(Dataset excerpts)
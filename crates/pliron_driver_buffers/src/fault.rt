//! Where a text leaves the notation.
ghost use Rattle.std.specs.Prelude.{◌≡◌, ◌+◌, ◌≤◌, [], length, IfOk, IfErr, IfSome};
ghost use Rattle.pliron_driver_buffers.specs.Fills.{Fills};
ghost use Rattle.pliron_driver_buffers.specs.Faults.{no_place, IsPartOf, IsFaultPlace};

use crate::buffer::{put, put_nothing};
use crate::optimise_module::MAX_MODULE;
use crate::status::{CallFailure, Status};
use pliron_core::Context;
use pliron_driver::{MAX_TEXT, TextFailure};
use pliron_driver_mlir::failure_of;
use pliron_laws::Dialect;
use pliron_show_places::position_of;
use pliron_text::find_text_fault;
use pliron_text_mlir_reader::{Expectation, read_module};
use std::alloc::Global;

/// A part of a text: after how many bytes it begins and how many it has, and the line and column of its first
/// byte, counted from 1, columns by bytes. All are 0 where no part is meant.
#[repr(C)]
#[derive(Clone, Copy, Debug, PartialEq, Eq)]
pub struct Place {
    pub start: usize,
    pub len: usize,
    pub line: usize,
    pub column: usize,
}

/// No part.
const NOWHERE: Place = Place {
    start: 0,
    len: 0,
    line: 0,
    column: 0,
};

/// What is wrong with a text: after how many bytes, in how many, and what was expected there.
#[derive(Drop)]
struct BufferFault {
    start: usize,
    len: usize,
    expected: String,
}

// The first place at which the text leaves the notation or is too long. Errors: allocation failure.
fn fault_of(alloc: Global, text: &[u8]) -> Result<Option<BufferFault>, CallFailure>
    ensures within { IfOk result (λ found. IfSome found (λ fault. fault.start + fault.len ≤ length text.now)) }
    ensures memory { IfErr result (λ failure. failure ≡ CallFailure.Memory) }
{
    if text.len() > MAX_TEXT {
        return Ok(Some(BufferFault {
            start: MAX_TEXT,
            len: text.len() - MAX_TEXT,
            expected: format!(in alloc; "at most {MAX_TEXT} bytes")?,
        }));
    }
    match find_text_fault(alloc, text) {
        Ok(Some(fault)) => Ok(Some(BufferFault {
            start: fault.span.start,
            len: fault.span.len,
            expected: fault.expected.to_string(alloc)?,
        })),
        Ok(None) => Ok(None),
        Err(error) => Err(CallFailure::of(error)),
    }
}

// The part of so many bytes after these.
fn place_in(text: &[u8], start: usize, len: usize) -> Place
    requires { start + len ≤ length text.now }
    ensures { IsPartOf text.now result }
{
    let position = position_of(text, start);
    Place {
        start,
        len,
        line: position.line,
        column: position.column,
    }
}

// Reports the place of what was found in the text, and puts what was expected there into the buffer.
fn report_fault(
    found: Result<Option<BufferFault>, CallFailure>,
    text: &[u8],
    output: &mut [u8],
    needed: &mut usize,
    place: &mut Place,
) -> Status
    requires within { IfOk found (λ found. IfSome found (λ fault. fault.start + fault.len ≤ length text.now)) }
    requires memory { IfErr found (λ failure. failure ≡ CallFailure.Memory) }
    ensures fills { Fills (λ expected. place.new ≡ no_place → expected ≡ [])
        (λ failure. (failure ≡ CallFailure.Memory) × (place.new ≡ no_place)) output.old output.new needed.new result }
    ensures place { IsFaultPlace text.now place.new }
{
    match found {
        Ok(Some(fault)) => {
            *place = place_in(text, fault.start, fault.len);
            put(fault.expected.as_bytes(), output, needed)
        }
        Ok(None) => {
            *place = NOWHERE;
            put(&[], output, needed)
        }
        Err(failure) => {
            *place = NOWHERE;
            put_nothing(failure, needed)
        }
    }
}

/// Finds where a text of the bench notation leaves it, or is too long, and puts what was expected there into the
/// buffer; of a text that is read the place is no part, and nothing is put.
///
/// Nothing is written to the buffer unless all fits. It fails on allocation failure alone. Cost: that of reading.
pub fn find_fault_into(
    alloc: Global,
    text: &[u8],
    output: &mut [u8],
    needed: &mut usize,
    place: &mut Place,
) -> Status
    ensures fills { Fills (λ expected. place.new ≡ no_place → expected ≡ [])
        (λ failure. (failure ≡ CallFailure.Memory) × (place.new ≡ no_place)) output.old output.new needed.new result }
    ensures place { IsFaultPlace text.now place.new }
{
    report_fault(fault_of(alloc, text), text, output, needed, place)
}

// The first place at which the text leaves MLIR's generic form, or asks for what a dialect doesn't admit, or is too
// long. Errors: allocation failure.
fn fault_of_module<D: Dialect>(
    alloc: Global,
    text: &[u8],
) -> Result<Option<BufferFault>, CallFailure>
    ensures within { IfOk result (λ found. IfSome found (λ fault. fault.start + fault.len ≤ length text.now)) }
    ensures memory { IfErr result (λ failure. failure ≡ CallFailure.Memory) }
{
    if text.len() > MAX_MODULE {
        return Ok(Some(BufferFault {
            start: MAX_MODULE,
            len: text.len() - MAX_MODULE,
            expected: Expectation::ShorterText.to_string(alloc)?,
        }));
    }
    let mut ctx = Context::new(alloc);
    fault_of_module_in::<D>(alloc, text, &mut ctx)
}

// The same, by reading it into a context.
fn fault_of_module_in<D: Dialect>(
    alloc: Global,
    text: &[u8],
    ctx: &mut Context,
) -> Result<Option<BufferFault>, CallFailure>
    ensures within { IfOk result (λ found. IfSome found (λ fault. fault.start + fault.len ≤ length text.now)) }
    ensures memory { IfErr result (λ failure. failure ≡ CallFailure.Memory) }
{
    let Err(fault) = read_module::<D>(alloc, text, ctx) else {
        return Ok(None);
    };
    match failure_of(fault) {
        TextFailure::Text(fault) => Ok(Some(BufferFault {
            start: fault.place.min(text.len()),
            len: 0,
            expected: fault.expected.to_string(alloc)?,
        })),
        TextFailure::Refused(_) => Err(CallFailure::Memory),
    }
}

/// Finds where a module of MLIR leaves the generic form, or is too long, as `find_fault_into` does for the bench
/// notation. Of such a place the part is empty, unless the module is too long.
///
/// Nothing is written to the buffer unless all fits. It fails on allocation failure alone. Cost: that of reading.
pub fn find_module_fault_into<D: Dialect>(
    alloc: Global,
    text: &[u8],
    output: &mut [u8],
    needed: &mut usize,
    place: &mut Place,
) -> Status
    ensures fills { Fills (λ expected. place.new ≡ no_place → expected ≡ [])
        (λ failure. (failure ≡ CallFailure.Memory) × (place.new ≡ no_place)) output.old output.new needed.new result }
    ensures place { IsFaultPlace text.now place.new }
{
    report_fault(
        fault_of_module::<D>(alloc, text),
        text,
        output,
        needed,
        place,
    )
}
(End Dataset excerpts)
__Exercise aim__:
Copy the listing word for word, leaving nothing out.

__Written answer__:
filename crates/pliron_driver_buffers/src/fault.rt
//! Where a text leaves the notation.
ghost use Rattle.std.specs.Prelude.{◌≡◌, ◌+◌, ◌≤◌, [], length, IfOk, IfErr, IfSome};
ghost use Rattle.pliron_driver_buffers.specs.Fills.{Fills};
ghost use Rattle.pliron_driver_buffers.specs.Faults.{no_place, IsPartOf, IsFaultPlace};

use crate::buffer::{put, put_nothing};
use crate::optimise_module::MAX_MODULE;
use crate::status::{CallFailure, Status};
use pliron_core::Context;
use pliron_driver::{MAX_TEXT, TextFailure};
use pliron_driver_mlir::failure_of;
use pliron_laws::Dialect;
use pliron_show_places::position_of;
use pliron_text::find_text_fault;
use pliron_text_mlir_reader::{Expectation, read_module};
use std::alloc::Global;

/// A part of a text: after how many bytes it begins and how many it has, and the line and column of its first
/// byte, counted from 1, columns by bytes. All are 0 where no part is meant.
#[repr(C)]
#[derive(Clone, Copy, Debug, PartialEq, Eq)]
pub struct Place {
    pub start: usize,
    pub len: usize,
    pub line: usize,
    pub column: usize,
}

/// No part.
const NOWHERE: Place = Place {
    start: 0,
    len: 0,
    line: 0,
    column: 0,
};

/// What is wrong with a text: after how many bytes, in how many, and what was expected there.
#[derive(Drop)]
struct BufferFault {
    start: usize,
    len: usize,
    expected: String,
}

// The first place at which the text leaves the notation or is too long. Errors: allocation failure.
fn fault_of(alloc: Global, text: &[u8]) -> Result<Option<BufferFault>, CallFailure>
    ensures within { IfOk result (λ found. IfSome found (λ fault. fault.start + fault.len ≤ length text.now)) }
    ensures memory { IfErr result (λ failure. failure ≡ CallFailure.Memory) }
{
    if text.len() > MAX_TEXT {
        return Ok(Some(BufferFault {
            start: MAX_TEXT,
            len: text.len() - MAX_TEXT,
            expected: format!(in alloc; "at most {MAX_TEXT} bytes")?,
        }));
    }
    match find_text_fault(alloc, text) {
        Ok(Some(fault)) => Ok(Some(BufferFault {
            start: fault.span.start,
            len: fault.span.len,
            expected: fault.expected.to_string(alloc)?,
        })),
        Ok(None) => Ok(None),
        Err(error) => Err(CallFailure::of(error)),
    }
}

// The part of so many bytes after these.
fn place_in(text: &[u8], start: usize, len: usize) -> Place
    requires { start + len ≤ length text.now }
    ensures { IsPartOf text.now result }
{
    let position = position_of(text, start);
    Place {
        start,
        len,
        line: position.line,
        column: position.column,
    }
}

// Reports the place of what was found in the text, and puts what was expected there into the buffer.
fn report_fault(
    found: Result<Option<BufferFault>, CallFailure>,
    text: &[u8],
    output: &mut [u8],
    needed: &mut usize,
    place: &mut Place,
) -> Status
    requires within { IfOk found (λ found. IfSome found (λ fault. fault.start + fault.len ≤ length text.now)) }
    requires memory { IfErr found (λ failure. failure ≡ CallFailure.Memory) }
    ensures fills { Fills (λ expected. place.new ≡ no_place → expected ≡ [])
        (λ failure. (failure ≡ CallFailure.Memory) × (place.new ≡ no_place)) output.old output.new needed.new result }
    ensures place { IsFaultPlace text.now place.new }
{
    match found {
        Ok(Some(fault)) => {
            *place = place_in(text, fault.start, fault.len);
            put(fault.expected.as_bytes(), output, needed)
        }
        Ok(None) => {
            *place = NOWHERE;
            put(&[], output, needed)
        }
        Err(failure) => {
            *place = NOWHERE;
            put_nothing(failure, needed)
        }
    }
}

/// Finds where a text of the bench notation leaves it, or is too long, and puts what was expected there into the
/// buffer; of a text that is read the place is no part, and nothing is put.
///
/// Nothing is written to the buffer unless all fits. It fails on allocation failure alone. Cost: that of reading.
pub fn find_fault_into(
    alloc: Global,
    text: &[u8],
    output: &mut [u8],
    needed: &mut usize,
    place: &mut Place,
) -> Status
    ensures fills { Fills (λ expected. place.new ≡ no_place → expected ≡ [])
        (λ failure. (failure ≡ CallFailure.Memory) × (place.new ≡ no_place)) output.old output.new needed.new result }
    ensures place { IsFaultPlace text.now place.new }
{
    report_fault(fault_of(alloc, text), text, output, needed, place)
}

// The first place at which the text leaves MLIR's generic form, or asks for what a dialect doesn't admit, or is too
// long. Errors: allocation failure.
fn fault_of_module<D: Dialect>(
    alloc: Global,
    text: &[u8],
) -> Result<Option<BufferFault>, CallFailure>
    ensures within { IfOk result (λ found. IfSome found (λ fault. fault.start + fault.len ≤ length text.now)) }
    ensures memory { IfErr result (λ failure. failure ≡ CallFailure.Memory) }
{
    if text.len() > MAX_MODULE {
        return Ok(Some(BufferFault {
            start: MAX_MODULE,
            len: text.len() - MAX_MODULE,
            expected: Expectation::ShorterText.to_string(alloc)?,
        }));
    }
    let mut ctx = Context::new(alloc);
    fault_of_module_in::<D>(alloc, text, &mut ctx)
}

// The same, by reading it into a context.
fn fault_of_module_in<D: Dialect>(
    alloc: Global,
    text: &[u8],
    ctx: &mut Context,
) -> Result<Option<BufferFault>, CallFailure>
    ensures within { IfOk result (λ found. IfSome found (λ fault. fault.start + fault.len ≤ length text.now)) }
    ensures memory { IfErr result (λ failure. failure ≡ CallFailure.Memory) }
{
    let Err(fault) = read_module::<D>(alloc, text, ctx) else {
        return Ok(None);
    };
    match failure_of(fault) {
        TextFailure::Text(fault) => Ok(Some(BufferFault {
            start: fault.place.min(text.len()),
            len: 0,
            expected: fault.expected.to_string(alloc)?,
        })),
        TextFailure::Refused(_) => Err(CallFailure::Memory),
    }
}

/// Finds where a module of MLIR leaves the generic form, or is too long, as `find_fault_into` does for the bench
/// notation. Of such a place the part is empty, unless the module is too long.
///
/// Nothing is written to the buffer unless all fits. It fails on allocation failure alone. Cost: that of reading.
pub fn find_module_fault_into<D: Dialect>(
    alloc: Global,
    text: &[u8],
    output: &mut [u8],
    needed: &mut usize,
    place: &mut Place,
) -> Status
    ensures fills { Fills (λ expected. place.new ≡ no_place → expected ≡ [])
        (λ failure. (failure ≡ CallFailure.Memory) × (place.new ≡ no_place)) output.old output.new needed.new result }
    ensures place { IsFaultPlace text.now place.new }
{
    report_fault(
        fault_of_module::<D>(alloc, text),
        text,
        output,
        needed,
        place,
    )
}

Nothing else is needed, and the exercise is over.